Output exactly the lines spanning from the line containing "-> Result<Outcome, BootError>" to the last line of the entries, inclusive.

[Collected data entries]
*** Block opens ***
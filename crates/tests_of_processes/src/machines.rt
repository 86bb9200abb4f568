// Tests that `Machine` boots within its limits (`Boot`: a scheme, harts, frames, slots and the error); that `run` makes the
// steps of a list, of which there may be thousands, on two harts (`Move`: a step and its reply); and that a hart's TLB keeps
// entries by the policy.

use crate::images::FILE;
use crate::rows::expect;
use file_cabinet::Cabinet;
use hart_machine::{BootError, Machine};
use machine_laws::run_from_boot;
use process_model::Refusal::{BadArgument, Impossible, NoEntry};
use process_model::ScalarReply::{Done, Fault, Filled, InFrame, Refused, Started, Stored, Value};
use process_model::{Config, Image, Phase, Policy, Reply, ScalarReply, Step};
use std::alloc::{AllocError, Global};
use sv39_entry::Scheme;

const POLICIES: [Policy; 2] = [Policy::Full, Policy::Asid];

const SV39: Scheme = Scheme::Sv39;

const SV48: Scheme = Scheme::Sv48;

/// A scheme, the numbers of harts, frames and slots of a machine, and why it is not booted; `None`: it is.
type Boot = (Scheme, usize, usize, usize, Option<BootError>);

const BAD: Option<BootError> = Some(BootError::BadArgument);

/// The kernel takes a frame for each slot and six more, eight under Sv48; above 512 frames, one more still.
static BOOTS: [Boot; 28] = [
    (SV39, 1, 64, 4, None),
    (SV39, 8, 1024, 64, None),
    (SV39, 1, 16, 10, None),
    (SV39, 1, 64, 58, None),
    (SV39, 1, 512, 64, None),
    (SV39, 1, 513, 64, None),
    (SV39, 0, 64, 4, BAD),
    (SV39, 9, 64, 4, BAD),
    (SV39, 1, 15, 1, BAD),
    (SV39, 1, 1025, 4, BAD),
    (SV39, 1, 64, 0, BAD),
    (SV39, 1, 64, 65, BAD),
    (SV39, 1, 64, 59, BAD),
    (SV39, 1, 16, 11, BAD),
    (SV48, 1, 64, 4, None),
    (SV48, 8, 1024, 64, None),
    (SV48, 1, 16, 8, None),
    (SV48, 1, 64, 56, None),
    (SV48, 1, 512, 64, None),
    (SV48, 1, 513, 64, None),
    (SV48, 0, 64, 4, BAD),
    (SV48, 9, 64, 4, BAD),
    (SV48, 1, 15, 1, BAD),
    (SV48, 1, 1025, 4, BAD),
    (SV48, 1, 64, 0, BAD),
    (SV48, 1, 64, 65, BAD),
    (SV48, 1, 64, 57, BAD),
    (SV48, 1, 16, 9, BAD),
];

/// Why a machine is not booted; `None`: it is.
fn boot_error(alloc: Global, config: Config) -> Result<Option<BootError>, AllocError> {
    let files = Cabinet::new(alloc, &[])?;
    Ok(Machine::boot(alloc, config, files).err())
}

#[test]
fn boots_within_limits(rt: HostRuntime) {
    for number in 0..BOOTS.len() {
        let (scheme, harts, frames, slots, refusal) = BOOTS[number];
        for policy in POLICIES {
            let config = Config {
                harts,
                frames,
                slots,
                policy,
                scheme,
            };
            expect(&rt, number, boot_error(rt.alloc(), config), Ok(refusal));
        }
    }
}

/// A step, with the number of its hart first.
#[derive(Clone, Copy)]
enum Deed {
    /// A start of the ELF file: code in page 0, and the stack in page 2.
    Start,
    /// The hart, and the slot whose process is scheduled there.
    Switch(usize, usize),
    Next(usize),
    Trap(usize),
    /// The hart and the address.
    Fill(usize, u64),
    /// The hart and the entry.
    Evict(usize, usize),
    /// The hart and the address.
    Fetch(usize, u64),
    /// The hart, the address, the width, and the buffer entry that is used, if one is.
    Load(usize, u64, u64, Option<usize>),
    /// The hart, the address and the value, of eight bytes.
    Store(usize, u64, u64),
    /// The hart, and the offset in the trampoline's page.
    TrampolineFetch(usize, u64),
}

/// A step, and the reply that it must get.
type Move = (Deed, ScalarReply);

/// The next step of kernel entry or return, on hart 0 and on hart 1. Entry and return have three each.
const NEXT: Move = (Deed::Next(0), Done);

const NEXT_OF_1: Move = (Deed::Next(1), Done);

/// What a hart without a process replies.
const IDLE: ScalarReply = Refused(Impossible(Phase::Idle));

/// Two processes of one image, each on a hart of its own: each reads the pages of its own process at one address. Hart 0 faults
/// at a fetch, so it is before the first fence of kernel entry, and its buffer keeps its entry.
static ON_TWO_HARTS: [Move; 24] = [
    (Deed::Start, Started(0)),
    (Deed::Start, Started(1)),
    (Deed::Switch(0, 0), Done),
    (Deed::Switch(1, 0), IDLE),
    (Deed::Switch(1, 1), Done),
    NEXT,
    NEXT,
    NEXT,
    (Deed::Store(0, 0x2008, 0x1122_3344_5566_7788), Stored),
    (Deed::Load(0, 0x2008, 8, None), Value(0x1122_3344_5566_7788)),
    (Deed::Load(0, 0x2008, 4, None), Value(0x5566_7788)),
    (Deed::Fill(0, 0x2008), Filled(0)),
    (Deed::Load(0, 0x200c, 2, Some(0)), Value(0x3344)),
    (Deed::Fetch(0, 0x2000), Fault(12)),
    (
        Deed::Load(0, 0x2008, 4, None),
        Refused(Impossible(Phase::Enter0)),
    ),
    NEXT_OF_1,
    NEXT_OF_1,
    NEXT_OF_1,
    (Deed::Load(1, 0x0, 4, None), Value(0x513)),
    (Deed::Load(1, 0x2008, 8, None), Value(0)),
    (Deed::Trap(1), Done),
    (Deed::TrampolineFetch(1, 0), InFrame(0)),
    (Deed::Evict(1, 0), Refused(NoEntry)),
    (Deed::Next(2), Refused(BadArgument)),
];

/// A process starts, is scheduled and returns to user mode; its page is filled into the buffer; it traps into the kernel and
/// returns.
static THERE_AND_BACK: [Move; 13] = [
    (Deed::Start, Started(0)),
    (Deed::Switch(0, 0), Done),
    NEXT,
    NEXT,
    NEXT,
    (Deed::Fill(0, 0x2000), Filled(0)),
    (Deed::Trap(0), Done),
    NEXT,
    NEXT,
    NEXT,
    NEXT,
    NEXT,
    NEXT,
];

fn step_of(deed: Deed) -> Step<'static> {
    let via = None;
    match deed {
        Deed::Start => Step::Start(Image::Elf(FILE)),
        Deed::Switch(hart, slot) => Step::Switch {
            hart,
            slot: Some(slot),
        },
        Deed::Next(hart) => Step::Next { hart },
        Deed::Trap(hart) => Step::Trap { hart },
        Deed::Fill(hart, address) => Step::Fill { hart, address },
        Deed::Evict(hart, entry) => Step::Evict { hart, entry },
        Deed::Fetch(hart, address) => Step::Fetch { hart, address, via },
        Deed::Load(hart, address, width, via) => Step::Load {
            hart,
            address,
            width,
            via,
        },
        Deed::Store(hart, address, value) => Step::Store {
            hart,
            address,
            width: 8,
            value,
            via,
        },
        Deed::TrampolineFetch(hart, offset) => Step::TrampolineFetch { hart, offset, via },
    }
}

/// The number of entries of a buffer, and the page of the oldest.
type Buffered = (usize, Option<u64>);

/// The buffer with page 2, and without an entry.
const FILLED: Buffered = (1, Some(2));

const EMPTY: Buffered = (0, None);

/// A policy and a scheme, and what is in the buffer of hart 0 after `THERE_AND_BACK`. With policy `full` the fences empty it.
/// With ASIDs the entry stays, since no leaf of the process has changed.
static RUNS: [(Policy, Scheme, Buffered); 4] = [
    (Policy::Full, SV39, EMPTY),
    (Policy::Asid, SV39, FILLED),
    (Policy::Full, SV48, EMPTY),
    (Policy::Asid, SV48, FILLED),
];

/// The number of the first reply that is not that of its move, if the moves are made over and over; `None` if there is none.
fn first_wrong(replies: &[Reply], moves: &[Move]) -> Option<usize> {
    for number in 0..replies.len() {
        let Some((_, wanted)) = moves.get(number % moves.len().max(1)) else {
            return Some(number);
        };
        if replies[number] != Reply::Scalar(*wanted) {
            return Some(number);
        }
    }
    None
}

/// What is in a hart's buffer; `None` if there is no such hart.
fn buffered(machine: &Machine, hart: usize) -> Option<Buffered> {
    let buffer = machine.buffer(hart)?;
    match buffer.entry(0) {
        Some(entry) => Some((buffer.len(), Some(entry.page.number()))),
        None => Some((buffer.len(), None)),
    }
}

/// The number of replies, that of the first wrong one, and what is in the buffers of hart 0 and of a hart that does not exist.
type Outcome = (usize, Option<usize>, Option<Buffered>, Option<Buffered>);

/// Boots a machine and makes the steps of the moves, `times` times over, all at once.
fn outcome(
    alloc: Global,
    config: Config,
    moves: &[Move],
    times: usize,
) -> Result<Outcome, BootError> {
    let files = Cabinet::new(alloc, &[])?;
    let mut steps = Vec::new(alloc);
    for _ in 0..times {
        for number in 0..moves.len() {
            steps.push(step_of(moves[number].0))?;
        }
    }
    let (machine, replies) = run_from_boot(alloc, config, files, &steps)?;
    let wrong = first_wrong(&replies, moves);
    Ok((
        replies.len(),
        wrong,
        buffered(&machine, 0),
        buffered(&machine, 9),
    ))
}

/// What a machine of 64 frames and four slots boots with.
fn config(harts: usize, policy: Policy, scheme: Scheme) -> Config {
    Config {
        harts,
        frames: 64,
        slots: 4,
        policy,
        scheme,
    }
}

#[test]
fn runs_lists_of_steps(rt: HostRuntime) {
    for number in 0..RUNS.len() {
        let (policy, scheme, left) = RUNS[number];
        let (two, one) = (config(2, policy, scheme), config(1, policy, scheme));
        let told = outcome(rt.alloc(), two, &ON_TWO_HARTS, 1);
        expect(&rt, number, told, Ok((24, None, Some(FILLED), None)));
        let told = outcome(rt.alloc(), one, &THERE_AND_BACK, 1);
        expect(&rt, number, told, Ok((13, None, Some(left), None)));
    }
}

/// A step on an idle hart.
static REFUSED: [Move; 1] = [(Deed::Next(0), IDLE)];

#[test]
fn runs_thousands_of_steps(rt: HostRuntime) {
    let config = config(2, Policy::Full, SV48);
    let told = outcome(rt.alloc(), config, &REFUSED, 5_000);
    expect(&rt, 0, told, Ok((5_000, None, Some(EMPTY), None)));
}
*** Block closes ***
- _Result_
) -> Result<Outcome, BootError> {
    let files = Cabinet::new(alloc, &[])?;
    let mut steps = Vec::new(alloc);
    for _ in 0..times {
        for number in 0..moves.len() {
            steps.push(step_of(moves[number].0))?;
        }
    }
    let (machine, replies) = run_from_boot(alloc, config, files, &steps)?;
    let wrong = first_wrong(&replies, moves);
    Ok((
        replies.len(),
        wrong,
        buffered(&machine, 0),
        buffered(&machine, 9),
    ))
}

/// What a machine of 64 frames and four slots boots with.
fn config(harts: usize, policy: Policy, scheme: Scheme) -> Config {
    Config {
        harts,
        frames: 64,
        slots: 4,
        policy,
        scheme,
    }
}

#[test]
fn runs_lists_of_steps(rt: HostRuntime) {
    for number in 0..RUNS.len() {
        let (policy, scheme, left) = RUNS[number];
        let (two, one) = (config(2, policy, scheme), config(1, policy, scheme));
        let told = outcome(rt.alloc(), two, &ON_TWO_HARTS, 1);
        expect(&rt, number, told, Ok((24, None, Some(FILLED), None)));
        let told = outcome(rt.alloc(), one, &THERE_AND_BACK, 1);
        expect(&rt, number, told, Ok((13, None, Some(left), None)));
    }
}

/// A step on an idle hart.
static REFUSED: [Move; 1] = [(Deed::Next(0), IDLE)];

#[test]
fn runs_thousands_of_steps(rt: HostRuntime) {
    let config = config(2, Policy::Full, SV48);
    let told = outcome(rt.alloc(), config, &REFUSED, 5_000);
    expect(&rt, 0, told, Ok((5_000, None, Some(EMPTY), None)));
}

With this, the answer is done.